Friday, Oct. 14, 2011 | 6 p.m.
If schools like Boise State, Air Force, Central Florida, SMU and Houston stay put in their current leagues, the move could have major potential.
If they stay and the Bowl Championship Series then decides that the Mountain West and Conference USA conglomerate are worthy of an automatic bid, even better.
Those are the major, looming unknowns after the two leagues announced a football-only merger between their 22 teams late Friday afternoon.
If those things don't happen, it could turn out to be a sprawling mess stretched out over five time zones.
Several details still need to be hammered out, so time will tell.
"Rather than await changes in membership due to realignment, it became clear the best way to serve our institutions was to pursue an original concept," MWC Commissioner Craig Thompson said in a statement. "The Mountain West and C-USA share a number of similarities, and the creative merger of our football assets firmly position our respective members for the future."
Thompson and C-USA Commissioner Britton Banowsky then held a joint teleconference, addressing several key questions and potential issues surrounding their merger. Among them:
• The two leagues will begin their merger as two divisions and hope to form a championship game between them, but to set up such a game would take NCAA legislation first. Eventually, both commissioners hinted, there could be multiple divisions set up within each existing league, creating a playoff-type format within the mega-conference itself.
• The goal of a championship game such as that would be to determine who landed the conference's automatic BCS bid. But, according to Thompson, conversations regarding the mega-conference's status as a potential automatic qualifier have not yet taken place.
• The two leagues would like to start the merger as early as next season, but a firm date has not yet been settled upon.
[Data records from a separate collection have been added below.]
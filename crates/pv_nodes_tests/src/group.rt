//! An Update Centre that threads share, whose records are stored in groups.
ghost use Rattle.std.specs.Prelude.{◌≡◌, None, IfSome};
ghost use Rattle.pv_node.specs.Standing.{StandsFor};
ghost use Rattle.pv_udc.specs.Requests.{IsRequest};
ghost use Rattle.pv_live.specs.Opening.{IsPassCount};

use crate::live::{LIMITS, Udc, edit, fresh, item};
use pv_edits::Record;
use pv_group::{GroupRun, GroupStart, Live, open_live};
use pv_live::{Pass, Run, Start};
use pv_memory::MemDisk;
use pv_node::{Node, Rules};
use pv_outside::Reports;
use pv_udc::{UdcReply, UdcRequest, UdcRules};
use std::alloc::Global;
use std::marker::Brand;
use std::sync::Wait;
use std::test::Fail;

/// The reply to an ask, with the place of the record that it stored.
type Reply = Option<(UdcReply, Option<u64>)>;

/// The replies to as many asks.
type Replies = [Reply; 8];

/// The request of this turn: edits and items by turns, and each fourth time the first edit again.
fn request_of(turn: u32) -> Option<UdcRequest>
    ensures { IfSome result (λ request. IsRequest request) }
{
    match turn % 4 {
        0 => edit(turn / 4 + 1),
        1 => item(1, u64::from(turn / 4)),
        2 => item(2, u64::from(turn / 4)),
        _ => edit(1),
    }
}

/// The reply to an ask of the pass at this place.
fn ask<N: GroupRun<Record>, H: Wait + Drop, R: Wait>(
    rt: &R,
    live: &Live<UdcRules, MemDisk, N, H>,
    passes: &mut [Pass<UdcRules, N>],
    at: usize,
    request: &UdcRequest,
) -> Reply
    requires { IsRequest request.now }
{
    let pass = passes.get_mut(at)?;
    let told = live.ask(rt, pass, request).ok()?;
    Some((told.reply, told.number))
}

/// The reply to an ask of the pass at this place, of a node that stores one record at a time.
fn ask_single<N: Run<Record>, H: Wait + Drop, R: Wait>(
    rt: &R,
    live: &pv_live::Live<UdcRules, MemDisk, N, H>,
    passes: &mut [Pass<UdcRules, N>],
    at: usize,
    request: &UdcRequest,
) -> Reply
    requires { IsRequest request.now }
{
    let pass = passes.get_mut(at)?;
    let told = live.ask(rt, pass, request).ok()?;
    Some((told.reply, told.number))
}

/// The replies to three passes that ask one after another.
fn in_turn<N: GroupRun<Record>, R: Wait>(
    rt: &R,
    alloc: Global,
    node: Udc,
    start: GroupStart<Record>,
) -> Result<Replies, Fail>
    requires stands { StandsFor ⟦<UdcRules as Rules>⟧ ⟦<MemDisk as Reports>⟧ node N.opening }
    requires rest { (node.hand ≡ None) × (node.state.limits ≡ N.limits) }
    requires passes { N.passes ≡ 3 }
    requires start { start ≡ record {
      book = N.book;
      told = N.told;
      failed = N.failed;
      passes = N.passes;
      taken = N.taken;
    } }
{
    let (live, mut passes) = open_live::<UdcRules, MemDisk, N, &R>(rt, alloc, node, 3, start)?;
    let mut replies = [None; 8];
    for (turn, reply) in replies.iter_mut().enumerate() {
        if let Some(request) = request_of(turn as u32) {
            *reply = ask(rt, &live, &mut passes, turn % 3, &request);
        }
    }
    Ok(replies)
}

/// The replies to three passes that ask one after another, of a node that stores one record at a time.
fn in_turn_single<N: Run<Record>, R: Wait>(
    rt: &R,
    alloc: Global,
    node: Udc,
    start: Start<Record>,
) -> Result<Replies, Fail>
    requires stands { StandsFor ⟦<UdcRules as Rules>⟧ ⟦<MemDisk as Reports>⟧ node N.opening }
    requires rest { (node.hand ≡ None) × (node.state.limits ≡ N.limits) }
    requires passes { N.passes ≡ 3 }
    requires start { start ≡ record { book = N.book; told = N.told; failed = N.failed; passes = N.passes } }
{
    let (live, mut passes) = pv_live::open_live::<UdcRules, MemDisk, N, &R>(
        rt, alloc, node, 3, start,
    )?;
    let mut replies = [None; 8];
    for (turn, reply) in replies.iter_mut().enumerate() {
        if let Some(request) = request_of(turn as u32) {
            *reply = ask_single(rt, &live, &mut passes, turn % 3, &request);
        }
    }
    Ok(replies)
}

#[test]
fn passes_in_turn_get_the_replies_of_a_live_node(rt: HostRuntime) -> Result<(), Fail> {
    let alloc = rt.alloc();
    let single = in_turn_single::<Brand, _>(&rt, alloc, fresh(alloc, &[])?, Start::new(3))?;
    let group = in_turn::<Brand, _>(&rt, alloc, fresh(alloc, &[])?, GroupStart::new(3))?;
    assert_eq!(rt; group, single);
    assert_eq!(rt; single[3], Some((UdcReply::Again(0), None)));
    Ok(())
}

/// How many asks of the first pass failed, the reply to the last, whether the closing gave the node, and how many
/// records there are then.
type Outcome = (u64, Reply, bool, u64);

/// The first reply to an edit, after this many items of another pass were decided, or as many as the batch has
/// room for.
fn edit_after<N: GroupRun<Record>, H: Wait + Drop, R: Wait>(
    rt: &R,
    live: &Live<UdcRules, MemDisk, N, H>,
    passes: &mut [Pass<UdcRules, N>],
    items: u64,
    asks: u64,
) -> (u64, Reply) {
    let (Some(request), Some(other)) = (edit(1), passes.get_mut(1)) else {
        return (0, None);
    };
    for k in 0..items {
        if let Some(item) = item(1, k) {
            if live.decide(rt, other, &item).is_err() {
                break;
            }
        }
    }
    for faults in 0..asks {
        let reply = ask(rt, live, passes, 0, &request);
        if reply.is_some() {
            return (faults, reply);
        }
    }
    (asks, None)
}

/// Two passes share a node; one asks for an edit, up to this many times, after this many items of the other.
fn edit_at<N: GroupRun<Record>, R: Wait>(
    rt: &R,
    alloc: Global,
    node: Udc,
    start: GroupStart<Record>,
    items: u64,
    asks: u64,
) -> Result<Outcome, Fail>
    requires stands { StandsFor ⟦<UdcRules as Rules>⟧ ⟦<MemDisk as Reports>⟧ node N.opening }
    requires rest { (node.hand ≡ None) × (node.state.limits ≡ N.limits) }
    requires passes { N.passes ≡ 2 }
    requires start { start ≡ record {
      book = N.book;
      told = N.told;
      failed = N.failed;
      passes = N.passes;
      taken = N.taken;
    } }
{
    let (live, mut passes) = open_live::<UdcRules, MemDisk, N, &R>(rt, alloc, node, 2, start)?;
    let (faults, reply) = edit_after(rt, &live, &mut passes, items, asks);
    match live.close(passes) {
        Ok(closed) => Ok((faults, reply, true, closed.node.count())),
        Err(left) if !left.seen_is_stored => Err("a pass has seen more than is stored".into()),
        Err(left) => match Node::<UdcRules, _>::open(alloc, left.disk, LIMITS) {
            Ok(node) => Ok((faults, reply, false, node.count())),
            Err(_) => Err("not opened".into()),
        },
    }
}

/// What comes of it at a fresh node, of whose disk these calls fail.
fn edited<R: Wait>(
    rt: &R,
    alloc: Global,
    fails: &[u64],
    items: u64,
    asks: u64,
) -> Result<Outcome, Fail> {
    let node = fresh(alloc, fails)?;
    edit_at::<Brand, _>(rt, alloc, node, GroupStart::new(2), items, asks)
}

#[test]
fn what_was_decided_is_stored_by_four_calls(rt: HostRuntime) -> Result<(), Fail> {
    // The calls 7 to 10 store the group: the eleventh is that of nobody, unless the batch had no room for all.
    let table: [(u64, &[u64], Outcome); 5] = [
        (0, &[11], (0, Some((UdcReply::Stored(0), Some(0))), true, 1)),
        (
            20,
            &[11],
            (0, Some((UdcReply::Stored(20), Some(20))), true, 21),
        ),
        (20, &[10], (1, None, true, 21)),
        (
            500,
            &[15],
            (0, Some((UdcReply::Stored(91), Some(91))), true, 92),
        ),
        (500, &[14], (1, None, true, 92)),
    ];
    for (items, fails, outcome) in table {
        assert_eq!(rt;
            edited(&rt, rt.alloc(), fails, items, 1)?,
            outcome,
            "{items} items, and calls {fails:?} failed"
        );
    }
    Ok(())
}

#[test]
fn record_is_stored_once_wherever_the_disk_fails(rt: HostRuntime) -> Result<(), Fail> {
    // The second ask settles the group first, and appends it again if it is not stored. The last disk fails at
    // the closing too.
    let table: [(&[u64], u64, Outcome); 6] = [
        (&[7], 9, (1, Some((UdcReply::Again(0), None)), true, 1)),
        (&[8], 9, (1, Some((UdcReply::Again(0), None)), true, 1)),
        (&[9], 9, (1, Some((UdcReply::Again(0), None)), true, 1)),
        (&[10], 9, (1, Some((UdcReply::Again(0), None)), true, 1)),
        (
            &[7, 8, 9],
            9,
            (3, Some((UdcReply::Again(0), None)), true, 1),
        ),
        (&[7, 8], 1, (1, None, false, 0)),
    ];
    for (fails, asks, outcome) in table {
        assert_eq!(rt;
            edited(&rt, rt.alloc(), fails, 0, asks)?,
            outcome,
            "calls {fails:?} failed"
        );
    }
    Ok(())
}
• Both leagues plan to continue to honor their current television contracts. C-USA's TV partners include Fox Sports and CBS Sports, as well as ESPN for its annual title game.
• Despite being reportedly courted by the Big East, Boise State and Air Force both took part in the unanimous vote on the Mountain West side in approving this merger. The Big East, which is down to six football-playing members after Pittsburgh and Syracuse announced their intentions to join the ACC, is looking to poach members from elsewhere to try to maintain its automatic qualifier status with the BCS.
• The merger is strictly for football only at this point, but in the other marquee sport — men's basketball— it could offer some relief to all schools involved in terms of scheduling. UNLV has felt its share of difficulties in getting quality opponents to come to the Thomas & Mack Center during the non-conference season. This could potentially open up some scheduling partnerships.
That's where, right now, this has the biggest impact on UNLV.
From a football standpoint, it doesn't right now appear that this will affect a whole lot for UNLV, though it could be key for the struggling program if this merger opens doors to the BCS.
UNLV Athletic Director Jim Livengood told the Sun on Friday evening that he is in full support of the move by the league, viewing it as the best move the school could make in a time in college athletics that is frustrating many.
"The fact that it's a coalition of schools in football, I think it adds a number of other things, and certainly it has some potential in basketball down the road," he said. "I'm not a big proponent of expansion and realignment and all that is going on, but sometimes, that's the way it is. That's the way that it's happening, and it's better to work with it and be a part of it. I'm not sure that all of this at the end of the day will be good for college football and, on a broader stroke, college athletics, but that's what it is, and that's what's happening."